Driving Toward Nanopores

Words by
Stephen Malina

An organism’s entire genome can be sequenced today using little more than a laptop and a $1,000 device, slightly larger than a smartphone, called a nanopore sequencer. The smallest of these measures just four by one-and-a-half inches across and one inch thick.

Such a device seems implausible. But these little machines, small enough to fit inside a pocket, have become commonplace. Biologists use nanopores for everything from diagnosing diseases and monitoring changes within rainforest ecosystems to discovering proteins from microbes frozen in Icelandic glaciers. And unlike traditional DNA sequencers, which parse genetic material by breaking it up into fragments and interpreting it chunk-by-chunk, a nanopore device unspools a long strand of DNA and reads it all at once.

The inside of each device contains thousands of nanoscopic proteins with holes in their center—a pore—through which molecules pass. As individual nucleotides—A, T, C, G—travel through these pores, the nucleotide briefly blocks the channel and disrupts an electrical current. A delicate sensor, positioned on the other side of the membrane, senses these electrical “squiggles.” And finally, a computational algorithm decodes these data to reconstruct a DNA sequence.

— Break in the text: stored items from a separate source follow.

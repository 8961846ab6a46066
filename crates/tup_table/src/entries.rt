//! The entries of a table.
ghost use Rattle.std.specs.Prelude.{◌≡◌, ◌≤◌, [], option_map};
ghost use Rattle.std.specs.Option.{option_copied};
ghost use Rattle.tup_table.specs.Compact.{EntriesFit, live_size, size_at, size_of};
ghost use Rattle.tup_table.specs.Entries.{IsAscending, entry_at};

use crate::entry::Entry;
use crate::size::{live_of, put_size};
use crate::slots::Slots;
use std::alloc::Global;
use std::collections::BTreeMap;
use std::collections::btree_map::Iter;
use std::marker::Model;
use tup_path::Bytes;

/// Keys with what stands under them, in the byte order of keys. Contracts see that list.
#[derive(Drop)]
pub struct Entries {
    pub(crate) slots: Slots,
    /// How many bytes the entries take in a commit.
    pub(crate) size: u64,
}

impl Model for Entries {
    ghost use Rattle.std.specs.Prelude.{List, ℕ};
    ghost use Rattle.std.specs.BTreeMap.{IsOrdered};
    ghost use Rattle.tup_path.specs.Order.{by_bytes};
    ghost use Rattle.tup_table.specs.Slots.{AreSlotsOf, standing};
    ghost use Rattle.tup_table.specs.declared.entry.Entry.{Entry};

    ghost Value = { List (List ℕ × Entry) };

    ghost view = { λ e. standing e.slots.entries };

    ghost invariant = { λ e. IsOrdered by_bytes e.slots × AreSlotsOf e.size e.slots.entries };
}

impl Entries {
    ghost use Rattle.tup_table.specs.Slots.{standing};

    /// No entries; it takes no memory.
    pub fn new(alloc: Global) -> Entries
        ensures { result ≡ [] }
    {
        Entries {
            slots: BTreeMap::new(alloc),
            size: 0,
        }
    }

    /// The value of a key. It takes the logarithm of the number of keys in steps.
    pub fn get(&self, key: &Bytes) -> Option<&Bytes>
        ensures { option_copied result ≡ option_map (λ e. e.value) (entry_at self.now key.now) }
    {
        match self.entry(key) {
            Some(entry) => Some(&entry.value),
            None => None,
        }
    }

    /// The offset of the gate of the commit that put a key's value.
    pub fn origin(&self, key: &Bytes) -> Option<u64>
        ensures { result ≡ option_map (λ e. e.origin) (entry_at self.now key.now) }
    {
        match self.entry(key) {
            Some(entry) => Some(entry.origin),
            None => None,
        }
    }

    /// What stands under a key.
    fn entry(&self, key: &Bytes) -> Option<&Entry>
        ensures { option_copied result ≡ entry_at self.now key.now }
    {
        match self.slots.get(key) {
            Some(slot) => slot.as_ref(),
            None => None,
        }
    }

    /// A law: the keys ascend in byte order, so each stands once.
    pub fn keys_ascend(&self)
        ensures { IsAscending self.now }
    {
        let _slots = &self.slots;
    }

    /// The keys in their byte order, each with what stands under it, or `None` where a key has no value any more.
    pub fn iter(&self) -> Iter<'_, Bytes, Option<Entry>>
        ensures { standing result ≡ self.now }
    {
        self.slots.iter()
    }

    /// How many bytes a store of these entries has once it is compacted.
    pub fn live(&self) -> u64
        ensures { result ≡ live_size self.now }
    {
        live_of(self.size)
    }

    /// A law: each entry can be put by a commit.
    pub(crate) fn fit(&self)
        ensures { EntriesFit self.now }
    {
        let _slots = &self.slots;
    }

    /// How many bytes the entries take in a commit.
    pub(crate) fn size(&self) -> u64
        ensures { (result ≡ size_of self.now) × (result ≤ 4611686018427387904) }
    {
        self.size
    }

    /// How many bytes the entry of a key takes in a commit.
    pub(crate) fn size_at(&self, key: &Bytes) -> u64
        ensures { result ≡ size_at self.now key.now }
    {
        self.fit();
        match self.entry(key) {
            Some(entry) => put_size(key, &entry.value),
            None => 0,
        }
    }
}
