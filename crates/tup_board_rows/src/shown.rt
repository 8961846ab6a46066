//! How answers of a board are written.
use std::alloc::Global;
use tup_access::Verdict;
use tup_board::{Asked, BoardFault, Claimed, Drained};
use tup_core::{Cause, CoreEvent};
use tup_rows::Words;

/// What a seat is to do next: the number of a rule, `wait` or `over`.
pub(crate) fn claimed_words(alloc: Global, claimed: Claimed) -> Words {
    match claimed {
        Claimed::Rule(rule) => Words::shown(alloc, &rule),
        Claimed::Wait => Words::word(alloc, b"wait"),
        Claimed::Over => Words::word(alloc, b"over"),
    }
}

/// What a command was told: a content, `-` where nothing stands, or the verdict.
pub(crate) fn asked_words(alloc: Global, asked: &Asked) -> Words {
    match asked {
        Asked::Content(content) => Words::word(alloc, content.as_slice()),
        Asked::Absent => Words::word(alloc, b"-"),
        Asked::Denied(verdict) => verdict_words(alloc, verdict),
    }
}

pub(crate) fn verdict_words(alloc: Global, verdict: &Verdict) -> Words {
    let mut words = Words::new(alloc);
    show_verdict(alloc, &mut words, verdict);
    words
}

/// What came of the end of a command.
pub(crate) fn ended_words(alloc: Global, ended: &Result<Verdict, BoardFault>) -> Words {
    match ended {
        Ok(verdict) => verdict_words(alloc, verdict),
        Err(fault) => fault_words(alloc, *fault),
    }
}

/// How an update ended: `done`, or why not.
pub(crate) fn drained_words(alloc: Global, drained: Drained) -> Words {
    match drained {
        Drained::Done => Words::word(alloc, b"done"),
        Drained::Left(cause) => cause_words(alloc, cause),
    }
}

fn cause_words(alloc: Global, cause: Cause) -> Words {
    let mut words = Words::new(alloc);
    show_cause(alloc, &mut words, cause);
    words
}

/// Why a call was refused.
pub(crate) fn fault_words(alloc: Global, fault: BoardFault) -> Words {
    match fault {
        BoardFault::Site => Words::word(alloc, b"!site"),
        BoardFault::TooLarge(bytes) => large_words(alloc, bytes),
        BoardFault::Full => Words::word(alloc, b"!full"),
        BoardFault::Memory => Words::word(alloc, b"!memory"),
    }
}

fn large_words(alloc: Global, bytes: u64) -> Words {
    let mut words = Words::word(alloc, b"!large");
    words.show(alloc, &bytes);
    words
}

/// A verdict: its word, and what it names.
fn show_verdict(alloc: Global, words: &mut Words, verdict: &Verdict) {
    match verdict {
        Verdict::Good => words.put(alloc, b"good"),
        Verdict::Failed(status) => {
            words.put(alloc, b"failed");
            words.show(alloc, status);
        }
        Verdict::IllegalRead(text) => {
            words.put(alloc, b"reads");
            words.show(alloc, text);
        }
        Verdict::IllegalWrite(text) => {
            words.put(alloc, b"writes");
            words.show(alloc, text);
        }
        Verdict::Unwritten(path) => {
            words.put(alloc, b"unwritten");
            words.show(alloc, path);
        }
        Verdict::TooManyReads => words.put(alloc, b"asks"),
    }
}

/// Why an update stopped.
pub(crate) fn show_cause(alloc: Global, words: &mut Words, cause: Cause) {
    match cause {
        Cause::Bad => words.put(alloc, b"bad"),
        Cause::Site => words.put(alloc, b"site"),
        Cause::TooLarge(bytes) => {
            words.put(alloc, b"large");
            words.show(alloc, &bytes);
        }
        Cause::Full => words.put(alloc, b"full"),
        Cause::Run => words.put(alloc, b"run"),
        Cause::Memory => words.put(alloc, b"memory"),
    }
}

/// An event: its kind, its seat and what more it has.
pub(crate) fn show_event(alloc: Global, words: &mut Words, event: &CoreEvent) {
    match event {
        CoreEvent::Claim { seat, rule } => {
            show_at(alloc, words, b"claim", *seat);
            words.show(alloc, rule);
        }
        CoreEvent::Ask { seat, text, answer } => {
            show_at(alloc, words, b"ask", *seat);
            words.show(alloc, text);
            words.put(alloc, presence(answer.is_some()));
        }
        CoreEvent::Deny {
            seat,
            text: _,
            verdict,
        } => {
            show_at(alloc, words, b"deny", *seat);
            show_verdict(alloc, words, verdict);
        }
        CoreEvent::Finish {
            seat,
            verdict,
            writes,
        } => {
            show_at(alloc, words, b"finish", *seat);
            show_verdict(alloc, words, verdict);
            words.show(alloc, &writes.len());
        }
        CoreEvent::Stop { seat, cause } => {
            show_at(alloc, words, b"stop", *seat);
            show_cause(alloc, words, *cause);
        }
    }
}

/// The kind of an event, and its seat.
fn show_at(alloc: Global, words: &mut Words, kind: &[u8], seat: u32) {
    words.put(alloc, kind);
    words.show(alloc, &seat);
}

fn presence(is_there: bool) -> &'static [u8] {
    if is_there { b"there" } else { b"absent" }
}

Nanopore devices work incredibly fast. A scientist can isolate DNA and load up a flow cell in fifteen minutes. Hospitals harness this speed to sequence and analyze tumor DNA within 6 hours, more than twice as fast as similar analyses performed using traditional next-generation sequencing, such as Illumina. The devices also read long strands of DNA continuously, making them particularly well-suited to applications where re-assembling a genome’s contents from shorter fragments is difficult. Not long ago, a nanopore device “filled in” the remaining 8 percent of the human genome, a portion once thought to be unsequenceable because it contains lots of repetition that traditional sequencers could not decode.

Finally, nanopore sequencers are portable. Scientists recently trekked through the Ecuadorian rainforest with little more than a backpack and nanopore device, using it to rediscover many rainforest species, including a Jambato toad (Atelopus ignescens) thought to be extinct for 28 years.

An Oxford Nanopore device. Credit: Alamy

Progress in nanopores holds lessons for other measurement technologies. Any device—be it a ruler, microscope, or DNA sequencer—needs to be sufficiently cheap, simple, and accurate before it can be widely adopted. Just thirty years ago, nanopore devices were none of these things. Costs and ease-of-use improved as scientists graduated from working on delicate prototypes to working at companies that manufactured devices by the thousands. Solving the accuracy problem, however, took a bit longer.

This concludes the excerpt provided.